To solve the issue of reviews not following the guidelines, I told
authors to ignore questions from PCs. But it has put a lot of stress
on them. They were afraid that their paper would get rejected if they
didn't respond. A consequence is that some authors responded to
questions/comments from PCs even when they were not factual
errors. This could have led to an unfair situation for those who had
not responded. Fortunately PCs didn't have access to the response
box (see section below).

3. The content of the response box was made visible to the SPC and AC only, that is, NOT visible to PCs

REASONS FOR CHANGE:
This change is strongly related to change (2). I made the response box
visible to the SPC (and AC) and not to the PCs because, in face of a
factual error, authors do not dare to say to the PC that they are
wrong. Even when they do, the PC often evades the question and the
author receives final reviews in which the erroneous judgment is still
present. Concerning unethical reviews, the reason not to send to the
incriminated PC is obvious. The usual way is to contact the PC chair
but very few authors do.

PROS:
I observed that when the factual error was correctly handled by the
SPC, the impact was significantly stronger than when it is sent to PCs
directly. SPCs were asked to resolve the factual errors either by
themselves or by involving PC members. Even when the PCs didn't
respond to the SPC about the claimed errors, the SPC often took the
factual error into account by simply ignoring the refuted review.
Concerning ethical issues, I have been aware of a small dozen of clear
unethical reviews that have been detected thanks to this process.

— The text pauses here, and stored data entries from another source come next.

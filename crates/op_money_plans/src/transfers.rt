//! Plans of deposits and withdrawals.

ghost use Rattle.std.specs.Prelude.{◌≡◌, List, IfOk, Some};
ghost use Rattle.op_legal.specs.Numbers.{HasAccount};
ghost use Rattle.op_model.specs.AdminAnswers.{account_meant, has_asset, is_same_kind, money_refusals, transfer_act};
ghost use Rattle.op_model.specs.Balances.{is_same_account};
ghost use Rattle.op_model.specs.declared.act.Entry.{Entry};
ghost use Rattle.op_model.specs.declared.reply.ReplyBody.TheVariants.{Transferred};
ghost use Rattle.op_model.specs.declared.request.Request.TheVariants.{Deposit, Withdraw};
ghost use Rattle.op_naming.specs.Names.{AreNames};
ghost use Rattle.op_paying.specs.Money.{IsMoneyOf};
ghost use Rattle.op_plans.specs.Plans.{IsPlanned};
ghost use Rattle.op_money_plans.specs.Transfers.{is_deposit, is_repeat_of, shown_by, transfer_request};

use op_amount::{Amount, Asset};
use op_model::{Account, AccountName, AccountShown, Act, Refusal, ReplyBody, Text};
use op_naming::{Names, TransferKept};
use op_paying::Money;
use op_plans::Plan;
use std::alloc::{AllocError, Global};

/// Which way a transfer goes.
#[derive(Clone, Copy)]
pub enum Direction {
    /// From outside to an account.
    Deposit,
    /// From an account to outside.
    Withdrawal,
}

/// A transfer that is asked for: which way it goes, the account that its name means, and how much.
#[derive(Clone, Copy)]
pub struct Asked {
    pub direction: Direction,
    pub account: Account,
    pub amount: Amount,
}

/// What is to come of a deposit (`POST /admin/deposits`): from outside to the pool or to a wallet address.
pub fn plan_deposit(
    alloc: Global,
    names: &Names,
    money: &Money,
    transfer: &Text,
    name: &AccountName,
    amount: &Amount,
) -> Result<Plan, AllocError>
    ensures { IfOk result (λ plan. (history : List Entry) → AreNames history names.now → IsMoneyOf history money.now → IsPlanned history (Deposit transfer.now name.now amount.now) plan) }
{
    let Some(account) = find_account(names, Direction::Deposit, name, &amount.asset) else {
        return Ok(Plan::Refused(Refusal::NotFound));
    };
    let asked = Asked {
        direction: Direction::Deposit,
        account,
        amount: *amount,
    };
    plan_transfer(alloc, names, money, transfer, name, asked)
}

/// What is to come of a withdrawal (`POST /admin/withdrawals`): from the pool, the fees or a wallet address to
/// outside.
pub fn plan_withdraw(
    alloc: Global,
    names: &Names,
    money: &Money,
    transfer: &Text,
    name: &AccountName,
    amount: &Amount,
) -> Result<Plan, AllocError>
    ensures { IfOk result (λ plan. (history : List Entry) → AreNames history names.now → IsMoneyOf history money.now → IsPlanned history (Withdraw transfer.now name.now amount.now) plan) }
{
    let Some(account) = find_account(names, Direction::Withdrawal, name, &amount.asset) else {
        return Ok(Plan::Refused(Refusal::NotFound));
    };
    let asked = Asked {
        direction: Direction::Withdrawal,
        account,
        amount: *amount,
    };
    plan_transfer(alloc, names, money, transfer, name, asked)
}

// The account that a name means in a transfer of this asset. A deposit to the fees names nothing.
fn find_account(
    names: &Names,
    direction: Direction,
    name: &AccountName,
    asset: &Asset,
) -> Option<Account>
    ensures { (history : List Entry) → AreNames history names.now → result ≡ account_meant history (is_deposit direction) name.now asset.now }
{
    match name {
        AccountName::Pool => Some(Account::Pool(names.find_asset(asset)?)),
        AccountName::Fees => match direction {
            Direction::Deposit => None,
            Direction::Withdrawal => Some(Account::Fees(names.find_asset(asset)?)),
        },
        AccountName::Address(Some(name)) => Some(Account::Wallet(names.find_address(name)?)),
        AccountName::Address(None) => None,
    }
}

fn is_deposit(direction: Direction) -> bool
    ensures { result ≡ is_deposit direction }
{
    matches!(direction, Direction::Deposit)
}

// The plan of a transfer whose account is known.
fn plan_transfer(
    alloc: Global,
    names: &Names,
    money: &Money,
    transfer: &Text,
    name: &AccountName,
    asked: Asked,
) -> Result<Plan, AllocError>
    ensures { IfOk result (λ plan. (history : List Entry) → AreNames history names.now → IsMoneyOf history money.now → account_meant history (is_deposit asked.direction) name.now asked.amount.asset ≡ Some asked.account → IsPlanned history (transfer_request asked.direction transfer.now name.now asked.amount) plan) }
{
    let Some(_) = names.find_asset(&asked.amount.asset) else {
        return Ok(Plan::Refused(Refusal::NotFound));
    };
    let fits = stands_in(names, money, asked.account, &asked.amount.asset);
    if let Some(made) = names.transfer(transfer.bytes()) {
        if !is_repeat(made, asked, fits) {
            return Ok(Plan::Refused(Refusal::TransferIdUsed));
        }
        let body = transferred(alloc, transfer, name, asked.amount)?;
        return Ok(Plan::Told(body));
    }
    if let Err(refusal) = new_transfer(money, asked, fits) {
        return Ok(Plan::Refused(refusal));
    }
    let act = transfer_act(alloc, transfer, asked)?;
    let body = transferred(alloc, transfer, name, asked.amount)?;
    Ok(Plan::Acts { act, body })
}

// Whether an account stands in an asset.
fn stands_in(names: &Names, money: &Money, account: Account, asset: &Asset) -> bool
    ensures { (history : List Entry) → AreNames history names.now → IsMoneyOf history money.now → HasAccount history account → result ≡ has_asset history account asset.now }
{
    match names.asset(money.asset_of(account)) {
        Some(kept) => kept.asset.is_same(asset),
        None => false,
    }
}

// Whether a transfer that was made is the one that is asked for.
fn is_repeat(made: TransferKept, asked: Asked, fits: bool) -> bool
    ensures { result ≡ is_repeat_of made asked fits }
{
    is_same_kind(made.deposit, is_deposit(asked.direction))
        && is_same_account(made.account, asked.account)
        && fits
        && made.value == asked.amount.value
}

fn is_same_kind(one: bool, other: bool) -> bool
    ensures { result ≡ is_same_kind one other }
{
    one == other
}

fn is_same_account(one: Account, other: Account) -> bool
    ensures { result ≡ is_same_account one other }
{
    match (one, other) {
        (Account::Outside(a), Account::Outside(b)) => a == b,
        (Account::Pool(a), Account::Pool(b)) => a == b,
        (Account::Fees(a), Account::Fees(b)) => a == b,
        (Account::Wallet(a), Account::Wallet(b)) => a == b,
        _ => false,
    }
}

// What refuses a transfer that was not made yet, if anything does.
fn new_transfer(money: &Money, asked: Asked, fits: bool) -> Result<(), Refusal>
    ensures { (history : List Entry) → IsMoneyOf history money.now → fits ≡ has_asset history asked.account asked.amount.asset → result ≡ money_refusals history (is_deposit asked.direction) asked.account asked.amount }
{
    if asked.amount.value == 0 {
        return Err(Refusal::ZeroAmount);
    }
    if !fits {
        return Err(Refusal::AssetMismatch);
    }
    match asked.direction {
        Direction::Deposit => money.may_deposit(asked.account, asked.amount.value),
        Direction::Withdrawal => money.may_withdraw(asked.account, asked.amount.value),
    }
}

// The act of a transfer.
fn transfer_act(alloc: Global, transfer: &Text, asked: Asked) -> Result<Act, AllocError>
    ensures { IfOk result (λ act. act ≡ transfer_act (is_deposit asked.direction) transfer.now asked.account asked.amount.value) }
{
    let transfer = transfer.clone(alloc)?;
    let account = asked.account;
    let value = asked.amount.value;
    match asked.direction {
        Direction::Deposit => Ok(Act::Deposited {
            transfer,
            account,
            value,
        }),
        Direction::Withdrawal => Ok(Act::Withdrawn {
            transfer,
            account,
            value,
        }),
    }
}

// What is told of a transfer.
fn transferred(
    alloc: Global,
    transfer: &Text,
    name: &AccountName,
    amount: Amount,
) -> Result<ReplyBody, AllocError>
    ensures { IfOk result (λ body. body ≡ Transferred transfer.now (shown_by name.now) amount) }
{
    Ok(ReplyBody::Transferred {
        transfer: transfer.clone(alloc)?,
        account: shown_by(alloc, name)?,
        amount,
    })
}

// What is told of the account of a name.
fn shown_by(alloc: Global, name: &AccountName) -> Result<AccountShown, AllocError>
    ensures { IfOk result (λ shown. shown ≡ shown_by name.now) }
{
    match name {
        AccountName::Fees => Ok(AccountShown::Fees),
        AccountName::Address(Some(name)) => Ok(AccountShown::Address(name.path.clone(alloc)?)),
        AccountName::Pool | AccountName::Address(None) => Ok(AccountShown::Pool),
    }
}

I
don't think all of them would have dared to directly send me an email.

CONS:
This new policy has put more responsibility on the shoulders of the
SPCs and some of them didn't want to take this responsibility. Some
SPCs didn't push the PCs until the error is resolved. A few of them
transferred the whole response box to the PCs despite they were urged
to only transfer the points to be resolved.

4. It was forbidden to add supplementary material at submission time. It was allowed at response time if requested by PC

REASONS FOR CHANGE:
Appendices and links to supplementary material have been observed as
an easy way to bypass the page limitation. This is more and more
common, and it is unfair to those who follow the page limit. But some
papers really need an appendix/supplementary material (for instance
theoretical papers with long proofs). In the new policy, the PC was
the one who decides whether the paper needs extra material to be fully
evaluated. Hence, supplementary material was allowed at response time
if requested by the PC.

PROS:
This new policy forced authors to describe their contribution within 6
pages, which was the original goal. When PCs requested full proofs of
theorems, it seems that this new policy worked well. Another
unexpected positive effect is that it has sometimes been used to
provide material that authors would not necessarily have put in
standard supplementary material. For instance, authors often provide a
selection of instances in their experiments and the PC may wonder if
it is not a biased selection. Here PCs were allowed to request the
full dataset in the supplementary material. I observed several such
cases.

CONS:
Some authors commented on the reviews inside the supplementary
material, bypassing the policy of changes 2 and 3. In addition, the
size was not limited (as opposed to the response box), making it even
more attractive. To avoid unfairness among papers, the IJCAI staff
browsed all supplementary materials (about 500) and blocked access to
the PDFs by PCs when the policy was violated.

All in all, I think that this change could have been good but it was
somewhat tainted by the collusion with changes 2 and 3.

REASONS FOR CHANGE:
In recent years, IJCAI (and other conferences as well) have observed
increase in institutionally organized cheating strategies. Some PCs
leak the names of the other PCs of the papers of their friends and the
authors assert pressure on those PCs to get positive reviews. Triple
blind was a way to protect PCs from denunciation to authors.

PROS:
A direct effect has been to protect PCs from external pressure by
authors. It is difficult to assess how much it has prevented cheating
in general because we don't have quantified data from previous years
and we don't know whether other cheating strategies adapted to our
change have been applied.

CONS:
SPCs cannot weigh reviews by their amount of trust in a particular
person because they don't know who the PCs are. Some SPCs have used
the trusting score provided by CMT, but it seems that it remained
marginal.

Triple blind doesn't protect from collusion of people who are both
authors and PCs. We have observed groups of authors/PCs who share the
ID/title of their papers. They bid 'eager' (the strongest bid) on the
papers of their friends to have great chances to get them
assigned. Once assigned, they score these papers 'strong accept'.

6. At submission time, authors of a paper were asked to agree to review up to three papers if requested

REASONS FOR CHANGE:
IJCAI receives more and more papers every year and it is difficult to
predict how many PCs would be needed in each subject area, in
advance. In addition, we didn't know how many papers will go to full
review after the summary-reject phase, making the estimation even more
uncertain. The feature of asking authors to become reviewers on
demand was a kind of security net to maintain a light overall load on
the shoulders of PCs. After the results of the summary-reject phase,
we estimated the needs of reviewers per subject area and we decided
not to put authors in the assignment system. (The tightest subject
area was covered by relevant PCs with an upper bound of 7 papers per
PC). Authors were asked to review papers at the end of the review
process, when we started detecting non-responsive PC members.

PROS-CONS:
Authors who were requested to review papers almost always accepted
despite the emergency. Regarding the quality of their reviews, we
cannot draw definite conclusions because we have not recruited enough
such emergency reviewers. In addition, the CMT feature to assess the
quality of reviews was seldom used by SPCs on these reviews because
these emergency reviews came at the end of the process. From what I
saw, there were no obviously bad reviews. The main drawback when
seeking authors to whom to assign a paper is that authors had not
participated to the bidding phase, forcing us to assign based on
subject areas only.